Andrey Vladimirovich Rimsky-Korsakov 

Andrey Vladimirovich

Andrey Vladimirovich Rimsky-Korsakov, grandson of the famous Russian composer, was born on August 29, 1910, in St. Petersburg to a family of ancient noble lineage. His father had two master university degrees, and his mother graduated from the Smol'nyi Institute. French was accepted as the main language amongst family members.

Andrey Vladimirovich received an excellent education: he simultaneously studied at a German general education school and at a music school. After graduating, he began studies at the Leningrad Conservatory and the Leningrad Polytechnical Institute.

This combination of musical education and technical knowledge allowed Andrey Vladimirovich to work successfully at the Research Institute of Musical Industry organized by Academician N.N.Andreyev.

There, since 1932, he collaborated with A.A.Ivanov to construct one of the first Russian electric musical instruments: the Emiriton. While heading the laboratory of string musical instruments, Rimsky-Korsakov investigated sound formation in pianos, pizzicato musical instruments, and bow instruments.

In 1940, for his studies of string and sounding-board vibrations in musical instruments, Rimsky-Korsakov received a candidate degree.

In early 1941, Rimsky-Korsakov changed his place of work and came to the Leningrad Physicotechnical Institute of the Academy of Sciences of the USSR, where he began his investigations in hydroacoustics.

In 1942, he joined the Navy and, during the war, he was involved in designing and testing acoustic mines. After he was demobilized, Rimsky-Korsakov returned to his studies in musical acoustics.

The 1946 marked the beginning of Rimsky-Korsakov's tutorial activities---first, as an associate professor at the Department of Broadcasting and Acoustics at the Leningrad Electrotechnical Institute of Communication, and then, as the head of this department and the dean of the Faculty of Radio Engineering.

In 1950, Rimsky-Korsakov received his Doctoral Degree and the title of Professor.

In 1955, Rimsky-Korsakov moved to Moscow and became the head of the department that he organized himself at the Acoustics Institute of the Academy of Sciences of the USSR. There, he conducted extensive studies in noise and vibrations of complex mechanical structures, as well as in aeroacoustics and hydroacoustics.

The studies of noise formation in a gas flow streaming around obstacles allowed Rimsky-Korsakov and his colleagues to reveal a number of new mechanisms of sound formation by vortices and by rotating fans and blade wheels.

On the basis of these studies, they worked out recommendations for the design of low-noise turbocompressors and centrifugal ventilators. Rimsky-Korsakov and his co-workers developed methods of calculating the noise fields of jet engines and proposed ways for suppressing the self-excited vibrations of powerful jets. They undertook studies of noise radiation from submerged gas jets, both cool and heated, flowing freely to the atmosphere or to ejectors. They also determined the specific features of the generation of discrete components in the noise of choked jets and proposed a resonance technique for their control.
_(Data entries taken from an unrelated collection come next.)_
//! What limits earn.

ghost use Rattle.std.specs.Prelude.{◌≡◌, ◌+◌, ℕ, length, map, IfOk, IfErr};
ghost use Rattle.fraction_theory.specs.Fraction.{Fraction};
ghost use Rattle.market_model.specs.Dispatch.{Dispatch};
ghost use Rattle.market_model.specs.Optimality.{ProperDuals, named_rows};
ghost use Rattle.market_model.specs.RightAnswers.{rent_of};
ghost use Rattle.market_model.specs.Valued.{duals_at, rent_at};
ghost use Rattle.limit_screen.specs.Flows.{flows_at};
ghost use Rattle.settlement.specs.Refusals.{IsMoneyStop};

use crate::rows::row_rent;
use exact_fraction::Exact;
use limit_rows::found_row;
use market_model::{Duals, List, Market, Rent, Stop};
use std::alloc::Global;

/// The flow and the rent of each row with a dual, in the order of the duals, of the flows of a dispatch by bus, by line and by outage of a unit.
pub fn rents<N: Exact>(
    alloc: Global,
    market: &Market,
    flows: &[N],
    duals: &Duals<N>,
) -> Result<List<Rent<N>>, Stop<N>>
    requires flows { length flows.now ≡ length market.now.buses + length market.now.lines + length market.now.unit_outages }
    requires duals { ProperDuals market.now (duals_at N.value duals.now) }
    ensures stops { (x : Dispatch) (price : ℕ → Fraction) → map N.value flows.now ≡ flows_at market.now x → IfErr result (IsMoneyStop N.value N.bound market.now x price (duals_at N.value duals.now)) }
    ensures rents { (x : Dispatch) → map N.value flows.now ≡ flows_at market.now x → IfOk result (λ rents. map (rent_at N.value) rents ≡ map (rent_of market.now x (duals_at N.value duals.now)) (named_rows market.now (duals_at N.value duals.now))) }
{
    let _lines = market.lines();
    let mut rents = List::new(alloc);
    for dual in duals.limits.slice() {
        let row = found_row(market, dual.row);
        let rent = row_rent(market, row, dual, flows)?;
        rents.push(rent)?;
    }
    Ok(rents)
}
Important results were obtained by Rimsky-Korsakov and his colleagues in studying noise excited in frame structures by the mechanisms they support. These studies were performed by the method of acoustic simulation of structural vibrations. In collaboration with the researchers from the Institute of Mechanical Engineering of the Academy of Sciences of the USSR, Rimsky-Korsakov worked on the development of efficient vibration-proof basement structures and active electromechanical damping of vibrating mechanisms.

In 1960, Rimsky-Korsakov established the Department of Electroacoustics and Ultrasonics at the Moscow Mining Institute. At this department, he delivered lectures on electroacoustics, acoustical measurements, and noise and vibration control and supervised the studies of the possibility of intensifying technological processes by applying low-frequency acoustic vibrations.

Since 1965, Rimsky-Korsakov taught at the Moscow Institute of Radio Engineering, Electronics, and Automation: he gave lectures on electroacoustics, organized a student's training laboratory, published a monograph on electroacoustics and a companion book of problems.

Rimsky-Korsakov is the author of 9 monographs on different fundamental problems of acoustics. He is also the editor of five collections of papers on acoustical aerodynamics and on vibrations of mechanical structures. He owns more than fifty inventor's certificates.

Among his former students, there are 20 candidates and 2 doctors of science. His list of publications contains more than 100 scientific works.

Rimsky-Korsakov has given many invited and plenary talks at international scientific conferences in Moscow, Tokyo, Budapest, Madrid, and London. He represented the USSR in the International Electrotechnical Commission as secretary of the Ultrasound Subcommittee. He was also a member of the International Commission on Acoustics.

For his achievements in science, Andrey Vladimirovich Rimsky-Korsakov was awarded high state awards: the Badge of Honor, Order of the Red Banner of Labor, and medals.